§ TASK REQUIREMENTS
Exactly as written, print each of the entries.

[Dataset entries]
Segment Open

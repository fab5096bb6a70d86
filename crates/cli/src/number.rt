// Sizes, as decimal digits.
ghost use Rattle.std.specs.Prelude.{◌≡◌};
ghost use Rattle.cli.specs.Number.{decimal_digit, digits_on, number_within};

#[derive(Clone, Copy, PartialEq, Eq, Debug)]
pub enum NumberError {
    // it isn't one or more decimal digits
    NoDigits,
    // it is above or below the bounds
    OutOfRange,
}

fn decimal_digit(b: u8) -> Option<u32>
    ensures { result ≡ decimal_digit b }
{
    char::from(b).to_digit(10)
}

// The number that digits write, if it isn't above `high`.
fn decimal(digits: &[u8], high: u32) -> Result<u32, NumberError>
    ensures { result ≡ digits_on high 0 digits.now }
{
    let mut n: u64 = 0;
    for b in digits {
        let digit = decimal_digit(*b).ok_or(NumberError::NoDigits)?;
        n = n * 10 + u64::from(digit);
        if n > u64::from(high) {
            return Err(NumberError::OutOfRange);
        }
    }
    Ok(n as u32)
}

// The number that digits write, if it is from `low` to `high`.
pub fn parse_number(digits: &[u8], low: u32, high: u32) -> Result<u32, NumberError>
    ensures value { result ≡ number_within low high digits.now }
{
    if digits.is_empty() {
        return Err(NumberError::NoDigits);
    }
    let n = decimal(digits, high)?;
    if n < low {
        return Err(NumberError::OutOfRange);
    }
    Ok(n)
}
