// The key in a key file.
ghost use Rattle.std.specs.Prelude.{◌≡◌};
ghost use Rattle.cli.specs.Hex.{key_of};

use crate::hex::unhex32;

// 32 bytes as they are, or 64 hexadecimal digits, with a line feed after them or without.
pub fn parse_key(bytes: &[u8]) -> Option<[u8; 32]>
    ensures value { result ≡ key_of bytes.now }
{
    if let Ok(key) = <[u8; 32]>::try_from(bytes) {
        return Some(key);
    }
    // Only the byte behind 64 digits is compared: `strip_suffix` would compare a digit of the key where there is none.
    if bytes.len() == 65 && bytes[64] == b'\n' {
        return unhex32(&bytes[0..64]);
    }
    unhex32(bytes)
}

#[cfg(test)]
mod tests {
    use super::*;
    use std::test::Fail;

    const DIGITS: &[u8; 64] = b"000102030405060708090a0b0c0d0e0f101112131415161718191A1B1C1D1E1F";

    #[test]
    fn keys(rt: HostRuntime) -> Result<(), Fail> {
        let raw = parse_key(b"0123456789abcdefghijklmnopqrstuv").ok_or("32 bytes")?;
        assert!(rt; raw[0] == b'0' && raw[31] == b'v');
        let key = parse_key(DIGITS).ok_or("64 digits")?;
        assert!(rt; key[0] == 0 && key[10] == 10 && key[26] == 0x1a && key[31] == 0x1f);
        Ok(())
    }

    #[test]
    fn no_keys(rt: HostRuntime) {
        assert!(rt; parse_key(b"").is_none());
        assert!(rt; parse_key(b"0123456789abcdefghijklmnopqrstu").is_none());
        assert!(rt;
            parse_key(b"000102030405060708090a0b0c0d0e0f101112131415161718191a1b1c1d1e1",).is_none()
        );
        assert!(rt;
            parse_key(
                b"000102030405060708090a0b0c0d0e0f101112131415161718191a1b1c1d1eg0",
            ).is_none()
        );
        assert!(rt;
            parse_key(
                b"000102030405060708090a0b0c0d0e0f101112131415161718191a1b1c1d1e1f\r",
            ).is_none()
        );
    }
}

Segment Closed

§ RESULT FOR THIS TASK
repository fab5096bb6a70d86
filename crates/cli/src/number.rt
// Sizes, as decimal digits.
ghost use Rattle.std.specs.Prelude.{◌≡◌};
ghost use Rattle.cli.specs.Number.{decimal_digit, digits_on, number_within};

#[derive(Clone, Copy, PartialEq, Eq, Debug)]
pub enum NumberError {
    // it isn't one or more decimal digits
    NoDigits,
    // it is above or below the bounds
    OutOfRange,
}

fn decimal_digit(b: u8) -> Option<u32>
    ensures { result ≡ decimal_digit b }
{
    char::from(b).to_digit(10)
}

// The number that digits write, if it isn't above `high`.
fn decimal(digits: &[u8], high: u32) -> Result<u32, NumberError>
    ensures { result ≡ digits_on high 0 digits.now }
{
    let mut n: u64 = 0;
    for b in digits {
        let digit = decimal_digit(*b).ok_or(NumberError::NoDigits)?;
        n = n * 10 + u64::from(digit);
        if n > u64::from(high) {
            return Err(NumberError::OutOfRange);
        }
    }
    Ok(n as u32)
}

// The number that digits write, if it is from `low` to `high`.
pub fn parse_number(digits: &[u8], low: u32, high: u32) -> Result<u32, NumberError>
    ensures value { result ≡ number_within low high digits.now }
{
    if digits.is_empty() {
        return Err(NumberError::NoDigits);
    }
    let n = decimal(digits, high)?;
    if n < low {
        return Err(NumberError::OutOfRange);
    }
    Ok(n)
}
// The key in a key file.
ghost use Rattle.std.specs.Prelude.{◌≡◌};
ghost use Rattle.cli.specs.Hex.{key_of};

use crate::hex::unhex32;

// 32 bytes as they are, or 64 hexadecimal digits, with a line feed after them or without.
pub fn parse_key(bytes: &[u8]) -> Option<[u8; 32]>
    ensures value { result ≡ key_of bytes.now }
{
    if let Ok(key) = <[u8; 32]>::try_from(bytes) {
        return Some(key);
    }
    // Only the byte behind 64 digits is compared: `strip_suffix` would compare a digit of the key where there is none.
    if bytes.len() == 65 && bytes[64] == b'\n' {
        return unhex32(&bytes[0..64]);
    }
    unhex32(bytes)
}

#[cfg(test)]
mod tests {
    use super::*;
    use std::test::Fail;

    const DIGITS: &[u8; 64] = b"000102030405060708090a0b0c0d0e0f101112131415161718191A1B1C1D1E1F";

    #[test]
    fn keys(rt: HostRuntime) -> Result<(), Fail> {
        let raw = parse_key(b"0123456789abcdefghijklmnopqrstuv").ok_or("32 bytes")?;
        assert!(rt; raw[0] == b'0' && raw[31] == b'v');
        let key = parse_key(DIGITS).ok_or("64 digits")?;
        assert!(rt; key[0] == 0 && key[10] == 10 && key[26] == 0x1a && key[31] == 0x1f);
        Ok(())
    }

    #[test]
    fn no_keys(rt: HostRuntime) {
        assert!(rt; parse_key(b"").is_none());
        assert!(rt; parse_key(b"0123456789abcdefghijklmnopqrstu").is_none());
        assert!(rt;
            parse_key(b"000102030405060708090a0b0c0d0e0f101112131415161718191a1b1c1d1e1",).is_none()
        );
        assert!(rt;
            parse_key(
                b"000102030405060708090a0b0c0d0e0f101112131415161718191a1b1c1d1eg0",
            ).is_none()
        );
        assert!(rt;
            parse_key(
                b"000102030405060708090a0b0c0d0e0f101112131415161718191a1b1c1d1e1f\r",
            ).is_none()
        );
    }
}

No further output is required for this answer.